This week's 'Millennium' re-watch episodes cause the mind to reel while the hairs on the back of the neck stand on end from the psychological angst they provide.

- Season 1, Episode 7,8 - "Blood Relatives / The Well-Worn Lock"

Time of a couple rather creepy episodes of Millennium this time around, ones that set the tone in the mental arena more than anything else.

“Blood Relatives”

“This generation is a wicked generation;
it seeks for a sign, and yet no sign shall be given to it …” — Luke 11:29

In “Blood Relatives” we get a taste of Catherine Black’s job as a counselor in social services. Nice touch that her screen time in the episode was just as important as that of her husband Frank.

James Dickerson (eerily played by Sean Six, Alien Nation) is a lost child, desperately looking for acceptance, but unable to get the emotional fulfillment he needs since being rejected by his mother and raised in foster care most of his life. Instead, his acceptance and “love” come from a halfway house trustee, Conner (John Fleck, Carnivàle, Weeds), who is not only completely capable of manipulating James to his own devices, but does so selfishly.

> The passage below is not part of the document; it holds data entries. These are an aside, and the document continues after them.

//! Dictionaries by value: scalars are put and found while they are timed.

ghost use Rattle.std.specs.Prelude.{◌≡◌, ◌≢◌, ◌<◌, IfSome, IfNone};
ghost use Rattle.brc_count.specs.Frames.{IsUnlocked, Owns};
ghost use Rattle.brc_count.specs.Owned.{Keeps, Loses};

use crate::dicts::{Keys, Sought, key_of};
use crate::operations::Operation;
use crate::values::{let_go, noted};
use brc_count::biased::HasTable;
use brc_count::block::KeyRef;
use brc_count::{Frame, Handle};
use brc_loops::{Passing, Task, pass_on, repeat};
use brc_things::{Value, dict_find_value, dict_set_value, none};
use std::alloc::Allocator;
use std::sync::Wait;

/// What stands beside the key is found, and let go of; None where it can't be had.
#[inline(always)]
fn find<R: Wait, H: HasTable<A>, A: Allocator>(
    rt: &R,
    frame: &mut Frame<H, A>,
    dict: &Handle<A>,
    key: KeyRef<'_>,
) -> Option<()>
    requires owned { Owns frame.old dict.now }
    requires unlocked { IsUnlocked frame.old }
    ensures keeps { Keeps frame.old frame.new }
    ensures unlocked { IsUnlocked frame.new }
{
    let found = dict_find_value(rt, frame, dict, key).ok()?;
    let_go(frame, found);
    Some(())
}

/// The same; the other handle is kept, or released where it can't be had.
#[inline(always)]
fn find_or_release<R: Wait, H: HasTable<A>, A: Allocator>(
    rt: &R,
    frame: &mut Frame<H, A>,
    dict: &Handle<A>,
    key: KeyRef<'_>,
    kept: Handle<A>,
) -> Option<Handle<A>>
    requires owned { Owns frame.old dict.now }
    requires kept_owned { Owns frame.old kept }
    requires unlocked { IsUnlocked frame.old }
    ensures same { IfSome result (λ handle. handle ≡ kept) }
    ensures keeps { IfSome result (λ handle. Keeps frame.old frame.new) }
    ensures loses { IfNone result (Loses frame.old frame.new kept) }
    ensures unlocked { IsUnlocked frame.new }
{
    if find(rt, frame, dict, key).is_none() {
        frame.release(kept);
        return None;
    }
    Some(kept)
}

/// A handle to None, by which a scalar goes at each turn beside the key whose turn it is; what was there before is let go
/// of, and of a scalar the new one is found. A turn fails where the key is new, or a call is refused.
struct PuttingAndFinding<'h, R, A: Allocator> {
    rt: &'h R,
    alloc: A,
    dict: &'h Handle<A>,
    none: Handle<A>,
    keys: Keys,
}

impl<'h, R: Wait, H: HasTable<A>, A: Allocator + Copy> Passing<H, A>
    for PuttingAndFinding<'h, R, A> {
    ghost held = { λ it. it.none };

    ghost ready = { λ it frame. Owns frame it.dict.now × (it.none.place ≢ it.dict.now.place) };

    #[inline(always)]
    fn pass(self, frame: &mut Frame<H, A>, before: u64) -> Option<Self> {
        let PuttingAndFinding {
            rt,
            alloc,
            dict,
            mut none,
            keys,
        } = self;
        if frame.cell(&none) != 0 {
            frame.release(none);
            return None;
        }
        let key = key_of::<A>(keys.of_turn(before));
        let key = KeyRef::of(&key);
        let scalar = Value::Scalar(noted(before));
        match dict_set_value(rt, alloc, frame, &mut none, dict, key, scalar) {
            Ok(Some(Value::Scalar(_old))) => {
                let none = find_or_release(rt, frame, dict, key, none)?;
                Some(PuttingAndFinding {
                    rt,
                    alloc,
                    dict,
                    none,
                    keys,
                })
            }
            Ok(Some(Value::Object(object, _old))) => {
                frame.release(object);
                Some(PuttingAndFinding {
                    rt,
                    alloc,
                    dict,
                    none,
                    keys,
                })
            }
            Ok(None) => {
                frame.release(none);
                None
            }
            Err(handed) => {
                let_go(frame, handed.value);
                frame.release(none);
                None
            }
        }
    }
}

/// So many puts of a scalar, each with a find.
#[derive(Drop)]
pub struct PutsAndFindsValues<'r, R, A> {
    pub rt: &'r R,
    pub alloc: A,
    pub keys: Keys,
    pub n: u64,
}

impl<'r, R: Wait, H: HasTable<A>, A: Allocator + Copy> Operation<H, A>
    for PutsAndFindsValues<'r, R, A> {
    fn run_on(&self, frame: &mut Frame<H, A>, dict: &Handle<A>, _before: u64) -> Option<()> {
        let none = none(frame).ok()?;
        let turning = PuttingAndFinding {
            rt: self.rt,
            alloc: self.alloc,
            dict,
            none,
            keys: self.keys,
        };
        let PuttingAndFinding {
            rt: _rt,
            alloc: _alloc,
            dict: _dict,
            none,
            keys: _keys,
        } = pass_on(turning, frame, self.n)?;
        frame.release(none);
        Some(())
    }
}

/// What stands beside a key of a dictionary with two keys is found.
#[derive(Drop)]
struct Seek<'h, R, A: Allocator> {
    rt: &'h R,
    dict: &'h Handle<A>,
    sought: Sought,
}

impl<'h, R: Wait, H: HasTable<A>, A: Allocator> Task<H, A> for Seek<'h, R, A> {
    ghost ready = { λ it frame. Owns frame it.dict.now };

    ghost stays = { λ it old new keeps owned. keeps.owns it.dict.now owned };

    #[inline(always)]
    fn run(&self, frame: &mut Frame<H, A>, _before: u64) -> Option<()> {
        find(self.rt, frame, self.dict, self.sought.key())
    }
}

/// A scalar goes beside the key, and what was there is let go of.
fn put_first<R: Wait, H: HasTable<A>, A: Allocator + Copy>(
    rt: &R,
    alloc: A,
    frame: &mut Frame<H, A>,
    dict: &Handle<A>,
    key: KeyRef<'_>,
) -> Option<()>
    requires owned { Owns frame.old dict.now }
    requires unlocked { IsUnlocked frame.old }
    ensures keeps { Keeps frame.old frame.new }
    ensures unlocked { IsUnlocked frame.new }
{
    let Ok(mut none) = none(frame) else {
        return None;
    };
    let scalar = Value::Scalar(noted(0));
    let put = match dict_set_value(rt, alloc, frame, &mut none, dict, key, scalar) {
        Ok(None) => Some(()),
        Ok(Some(Value::Scalar(_old))) => Some(()),
        Ok(Some(Value::Object(object, _note))) => {
            frame.release(object);
            Some(())
        }
        Err(handed) => match handed.value {
            Value::Scalar(_scalar) => None,
            Value::Object(_object, _note) => unreachable!(),
        },
    };
    frame.release(none);
    put
}

/// So many finds of the scalar beside a key of a dictionary with two keys, where it is put first.
#[derive(Drop)]
pub struct Finds<'r, R, A> {
    pub rt: &'r R,
    pub alloc: A,
    pub sought: Sought,
    pub n: u64,
}

impl<'r, R: Wait, H: HasTable<A>, A: Allocator + Copy> Operation<H, A> for Finds<'r, R, A> {
    #[inline(never)]
    fn run_on(&self, frame: &mut Frame<H, A>, dict: &Handle<A>, _before: u64) -> Option<()> {
        let rt = self.rt;
        let sought = self.sought;
        put_first(rt, self.alloc, frame, dict, sought.key())?;
        repeat(&Seek { rt, dict, sought }, frame, self.n)
    }
}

Several things about this episode turned my crank:

  • I really enjoyed the fact we got to see Catherine take a turn and getting a fair amount of screen time in the episode. Her role as a social service counselor not only compliments some of Frank’s work, but we got a better understanding of how she might deal with what Frank does, despite the fact he usually keeps the cases he’s working on secluded from her for her safety.
  • Equally so, Sean Six’s role was disturbingly unsettling, right down to the prolonged hugs he doled out to mourners at the funerals he attended.
  • The tone of Millennium took on hair-raising psychological aspects we hadn’t seen previously. If you were like me, some of these things just set your hair on end in a manner which touched a person to the point of uncomfortability.
  • For the big twist in the hour, it’s revealed that it’s Conner doing the killing (and carving messages on the victims’ bodies), not James. James and his quirky obsession is simply used as a foil for Conner’s deep-seeded play …
  • … but there’s one more element to this chapter of Millennium: The final scene were we see James back in the halfway house, free of any wrong-doing and right back at perusing his newspapers for funeral services he can attend. You have to shake your head at the fact he got off Scot-free and is back to his old tricks.

Interesting Note:

  • Have we ever seen Frank enter a home in an episode so blatantly and without announcement? Granted, there was the possibility of danger, but it was a little strange for him to do so.

 

“The Well-Worn Lock

“The cruelest lies are often told in silence” — Robert Louis Stevenson

Equally creepy — but with no appreciable violence in the episode — was the tale of Joe Bangs (a rather uncomfortable-looking role for veteran Paul Dooley) and his daughter Connie (Michelle Joyner) who he’s been sexually abusing for better than a generation.

Not only is the story frustratingly complicated as the hour unwinds, but the surprise reveal — that Joe’s “grandaughter” Sarah is actually the product of the abuse of Joe and his daughter Connie — is mentally horrifying.

But it doesn’t end with Bangs being caught. It takes an additional five months for him to finally appear in court at the very last to be formally indicted for his perverse crimes, something that has weighed heavily on his fragile and psychologically damaged daughter Connie. And his abuse continues in that he’s concocted a story through his wife of Connie not being his daughter at all, but that of another man his wife had relations with. Even in light of impending doom for him, he still manages to trample the frailness of Connie to the point of breaking. But with Catherine’s help, she finds the strength to take a stand against her father.

This episode, Frank takes a definite back seat to his wife in the story. The show is completely Catherine’s with just about zero physical violence and loads of mental anguish. With creator Chris Carter taking the reigns of this chapter, the story was niftily taboo and disturbing.